It’s widely understood that, in R programming, one should avoid `for`

loops and always try to use `apply`

-type functions.

But this isn’t entirely true. It may have been true for Splus, back in the day: As I recall, that had to do with the entire environment from each iteration being retained in memory.

Here’s a simple example:

> x <- matrix(rnorm(4000*40000), ncol=4000) > system.time({ + mx <- rep(NA, nrow(x)) + for(i in 1:nrow(x)) mx[i] <- max(x[i,]) + }) user system elapsed 3.719 0.446 4.164 > system.time(mx2 <- apply(x, 1, max)) user system elapsed 5.548 1.783 7.333

There’s a great commentary on this point by Uwe Ligges and John Fox in the May, 2008, issue of R News (see the “R help desk”, starting on page 46, and note that R News is now the R Journal).

Also see the related discussion at stackoverflow.

They say that `apply`

can be more readable. It can certainly be more compact, but I usually find a `for`

loop to be more readable, perhaps because I’m a C programmer first and an R programmer second.

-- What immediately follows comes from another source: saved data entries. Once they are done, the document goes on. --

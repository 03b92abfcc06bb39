//! Traces: values that see each operation on the cells of a shared queue, with its answer. Only `Seen`, which joins cells to their trace,
//! can report to a trace, since only this module makes a [`Sight`].
//!
//! # Extensions
//!
//! All of this module.

ghost use Rattle.std.specs.Prelude.{◌≡◌};
ghost use Rattle.concurrent_queue.specs.Deeds.{Deed, did_take};
ghost use Rattle.concurrent_queue.specs.Shown.{Sees};

use crate::cells::{Cells, QueueForm, Slot, Word};
use crate::error::NoMemory;
use crate::history::foreign::ForeignSeat;
use crate::history::party::QueueCells;
use crate::shared::cells::{SharedCells, WordCells};
use std::marker::PhantomData;
use std::sync::Wait;

/// The right to report to a trace of type `S`: only the functions of this module that join cells to their trace make one, and they lend it
/// to that trace alone. It has no size.
pub struct Sight<S> {
    of: PhantomData<S>,
}

/// What a trace is shown of an operation on a queue, after it was done, with its answer. Messages are shown by methods of their own.
#[derive(Drop)]
pub enum Shown {
    /// A word was loaded, and held this.
    Loaded(Word, u64),
    /// A word was written.
    Stored(Word, u64),
    /// The first number was to be replaced by the second; `Err` has what the word held instead.
    Exchanged(Word, u64, u64, Result<u64, u64>),
    /// The first was added to a word that held the second.
    Added(Word, u64, u64),
    /// Bits of a word that held the second were set.
    BitsSet(Word, u64, u64),
    /// All other bits of a word that held the second were cleared.
    BitsKept(Word, u64, u64),
    /// A message was put into the slot, or was returned.
    Put(Slot, bool),
    /// A blank block was asked for.
    Spared(Result<u64, NoMemory>),
    /// A block was retired.
    Retired(u64),
}

/// What sees the operations on the cells of a queue, each after it was made, with its answer. The contract of a method says that this
/// operation was seen, and no other. So if nothing is known of a trace but this trait, it can be led from one value to another by these
/// operations alone. Each method takes a sight of this very trace, so no code but the cells' own can report to it, not even another trace.
pub trait Trace<T> {
    ghost use Rattle.concurrent_queue.specs.declared.cells.Slot.{Slot};

    /// Whether this operation, with this answer, was seen between the two.
    ghost did: { Deed T → Self → Self → Type 0 };

    /// Whether this message was seen on its way to this slot between the two.
    ghost brought: { Slot → T → Self → Self → Type 0 };

    /// This was done to a cell.
    fn operated(&mut self, sight: &Sight<Self>, it: Shown)
        ensures { Sees did brought it self.old self.new };

    /// This message is about to be put into a slot. [`Shown::Put`] then shows what came of it.
    fn bring(&mut self, sight: &Sight<Self>, at: Slot, message: &T)
        ensures { brought at message.now self.old self.new };

    /// A slot was emptied, and held this.
    fn taken(&mut self, sight: &Sight<Self>, at: Slot, found: &Option<T>)
        ensures { did (did_take at found.now) self.old self.new };
}

/// A trace that keeps nothing. It has no size, and reporting to it takes no instruction.
#[derive(Clone, Copy, Debug)]
pub struct NoTrace;

impl<T> Trace<T> for NoTrace {
    ghost did = { λ _ _ _. Unit {0} };

    ghost brought = { λ _ _ _ _. Unit {0} };

    #[inline(always)]
    fn operated(&mut self, _sight: &Sight<NoTrace>, _it: Shown) {}

    #[inline(always)]
    fn bring(&mut self, _sight: &Sight<NoTrace>, _at: Slot, _message: &T) {}

    #[inline(always)]
    fn taken(&mut self, _sight: &Sight<NoTrace>, _at: Slot, _found: &Option<T>) {}
}

/// A trace that is lent for one call.
#[derive(Drop)]
pub(crate) struct Lent<'a, S> {
    trace: &'a mut S,
}

impl<'a, S> Lent<'a, S> {
    /// This very trace.
    #[inline(always)]
    pub(crate) fn new(trace: &'a mut S) -> Lent<'a, S>
        ensures same_reference { result.trace.ghost_name ≡ trace.entry.ghost_name }
        ensures unchanged { result.trace.now ≡ trace.old }
    {
        Lent { trace }
    }

    /// The trace that was lent.
    #[inline(always)]
    pub(crate) fn into_trace(self) -> &'a mut S
        ensures same_reference { result.ghost_name ≡ self.entry.trace.ghost_name }
        ensures unchanged { result.now ≡ self.entry.trace.now }
    {
        let Lent { trace } = self;
        trace
    }
}

impl<T, S: Trace<T>> Trace<T> for Lent<'_, S> {
    ghost use Rattle.std.specs.Prelude.{◌≡◌};

    ghost did = { λ d a b. (b.trace.ghost_name ≡ a.trace.ghost_name) × S.did d a.trace.now b.trace.now };

    ghost brought = { λ at m a b. (b.trace.ghost_name ≡ a.trace.ghost_name) × S.brought at m a.trace.now b.trace.now };

    #[inline(always)]
    fn operated(&mut self, _sight: &Sight<Self>, it: Shown) {
        self.trace.operated(&Sight { of: PhantomData }, it);
    }

    #[inline(always)]
    fn bring(&mut self, _sight: &Sight<Self>, at: Slot, message: &T) {
        self.trace.bring(&Sight { of: PhantomData }, at, message);
    }

    #[inline(always)]
    fn taken(&mut self, _sight: &Sight<Self>, at: Slot, found: &Option<T>) {
        self.trace.taken(&Sight { of: PhantomData }, at, found);
    }
}

/// Cells of a shared queue, and a trace that sees each operation on them. Nobody else can see them or report to the trace.
pub(crate) struct Seen<C, S> {
    cells: C,
    trace: S,
    sight: Sight<S>,
}

/// The cells of words of a shared queue, seen by this trace.
#[inline(always)]
pub(crate) fn see_words<T: Drop, S>(cells: WordCells<'_, T>, trace: S) -> Seen<WordCells<'_, T>, S>
    ensures trace { result.trace ≡ trace }
{
    Seen {
        cells,
        trace,
        sight: Sight { of: PhantomData },
    }
}

/// The same with the runtime value.
#[inline(always)]
pub(crate) fn see_cells<'a, T: Drop, R: Wait, S>(
    cells: SharedCells<'a, T, R>,
    trace: S,
) -> Seen<SharedCells<'a, T, R>, S>
    ensures trace { result.trace ≡ trace }
{
    Seen {
        cells,
        trace,
        sight: Sight { of: PhantomData },
    }
}

/// The cells of a call of a queue with a bound, seen by this trace.
#[inline(always)]
pub(crate) fn see_call<T: Drop, S>(cells: QueueCells<'_, T>, trace: S) -> Seen<QueueCells<'_, T>, S>
    ensures cells { result.cells ≡ cells.entry }
    ensures trace { result.trace ≡ trace }
{
    Seen {
        cells,
        trace,
        sight: Sight { of: PhantomData },
    }
}

/// The same of a call that may have been begun on another queue.
#[inline(always)]
pub(crate) fn see_foreign<T: Drop, S>(
    cells: ForeignSeat<'_, T>,
    trace: S,
) -> Seen<ForeignSeat<'_, T>, S>
    ensures cells { result.cells ≡ cells.entry }
    ensures trace { result.trace ≡ trace }
{
    Seen {
        cells,
        trace,
        sight: Sight { of: PhantomData },
    }
}

impl<C, S> Seen<C, S> {
    /// The cells and what saw them.
    #[inline(always)]
    pub(crate) fn into_parts(self) -> (C, S)
        ensures cells { result.0 ≡ self.cells }
        ensures trace { result.1 ≡ self.trace }
    {
        let Seen {
            cells,
            trace,
            sight,
        } = self;
        let Sight { of: _ } = sight;
        (cells, trace)
    }
}

impl<C: Drop, S> Seen<C, S> {
    /// What saw them.
    #[inline(always)]
    pub(crate) fn into_trace(self) -> S
        ensures { result ≡ self.trace }
    {
        let Seen {
            cells,
            trace,
            sight,
        } = self;
        let Sight { of: _ } = sight;
        drop(cells);
        trace
    }
}

impl<T, C: Cells<T>, S: Trace<T>> Cells<T> for Seen<C, S> {
    ghost use Rattle.std.specs.Prelude.{◌≡◌};

    ghost known = { C.known };

    ghost contents = { λ s. C.contents s.cells };

    ghost form_of = { λ s. C.form_of s.cells };

    ghost did = { λ d a b. C.did d a.cells b.cells × S.did d a.trace b.trace };

    ghost may = { λ d s. C.may d s.cells };

    ghost stands = { λ at s. C.stands at s.cells };

    ghost ready = { λ at s d r stands next. C.ready at s.cells d r stands next };

    ghost leads = { λ at s t d r stands done next. C.leads at s.cells t.cells d r stands (done.0) next };

    ghost keeps_form = { λ d a b done. C.keeps_form d a.cells b.cells (done.0) };

    ghost exact_form = { λ known a. C.exact_form known a.cells };

    ghost exact = { λ known d a b done. C.exact known d a.cells b.cells (done.0) };

    #[inline(always)]
    fn form(&self) -> QueueForm {
        self.cells.form()
    }

    #[inline(always)]
    fn load(&mut self, at: Word) -> u64 {
        let found = self.cells.load(at);
        self.trace.operated(&self.sight, Shown::Loaded(at, found));
        found
    }

    #[inline(always)]
    fn store(&mut self, at: Word, value: u64) {
        self.cells.store(at, value);
        self.trace.operated(&self.sight, Shown::Stored(at, value));
    }

    #[inline(always)]
    fn compare_exchange(&mut self, at: Word, expected: u64, next: u64) -> Result<u64, u64> {
        let answer = self.cells.compare_exchange(at, expected, next);
        self.trace
            .operated(&self.sight, Shown::Exchanged(at, expected, next, answer));
        answer
    }

    #[inline(always)]
    fn fetch_add(&mut self, at: Word, by: u64) -> u64 {
        let found = self.cells.fetch_add(at, by);
        self.trace
            .operated(&self.sight, Shown::Added(at, by, found));
        found
    }

    #[inline(always)]
    fn fetch_or(&mut self, at: Word, bits: u64) -> u64 {
        let found = self.cells.fetch_or(at, bits);
        self.trace
            .operated(&self.sight, Shown::BitsSet(at, bits, found));
        found
    }

    #[inline(always)]
    fn fetch_and(&mut self, at: Word, bits: u64) -> u64 {
        let found = self.cells.fetch_and(at, bits);
        self.trace
            .operated(&self.sight, Shown::BitsKept(at, bits, found));
        found
    }

    #[inline(always)]
    fn put(&mut self, at: Slot, value: T) -> Result<(), T> {
        self.trace.bring(&self.sight, at, &value);
        let answer = self.cells.put(at, value);
        self.trace
            .operated(&self.sight, Shown::Put(at, answer.is_ok()));
        answer
    }

    #[inline(always)]
    fn take(&mut self, at: Slot) -> Option<T> {
        let found = self.cells.take(at);
        self.trace.taken(&self.sight, at, &found);
        found
    }

    #[inline(always)]
    fn spare(&mut self) -> Result<u64, NoMemory> {
        let answer = self.cells.spare();
        self.trace.operated(&self.sight, Shown::Spared(answer));
        answer
    }

    #[inline(always)]
    fn retire(&mut self, block: u64) {
        self.cells.retire(block);
        self.trace.operated(&self.sight, Shown::Retired(block));
    }
}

A key point, from Ligges and Fox: “Initialize new objects to full length before the loop, rather than increasing their size within the loop.”

3 Apr 2013 at 8:45 am |

– I usually find a for loop to be more readable, perhaps because I’m a C programmer first and an R programmer second.

In a nutshell. If one were a relational database zealot, or prolog coder, by default, then the “set” based approach is far more natural. And given that user typed R code is nearly (always?) slower than internal R C code, use of set implemented syntax is to be preferred. Better yet, if your data is in a sql database (and you’ve wisely not eaten of Eve’s NoSql apple, have you?), do all that munging over there first. Will save a ton effort and headache.

3 Apr 2013 at 2:37 pm |

I guess you forgot the [i] in the mx assignment.

I mean:

> system.time({

+ mx <- rep(NA, nrow(x))

+ for(i in 1:nrow(x)) mx[i] <- max(x[i,])

+ })

3 Apr 2013 at 3:12 pm |

Oops; thanks! I updated the post….

3 Apr 2013 at 11:02 pm |

I also found that loop is faster than *apply in some cases. Especially if the object is very big. (or the returning object is big)

For looping, we can compile the code to boost up the speed. For *apply, we can make it parallel to boost up the speed.

To me, if the work is computation intensive then i would prefer apply. If the data object is large or require nested looping, then i would prefer looping.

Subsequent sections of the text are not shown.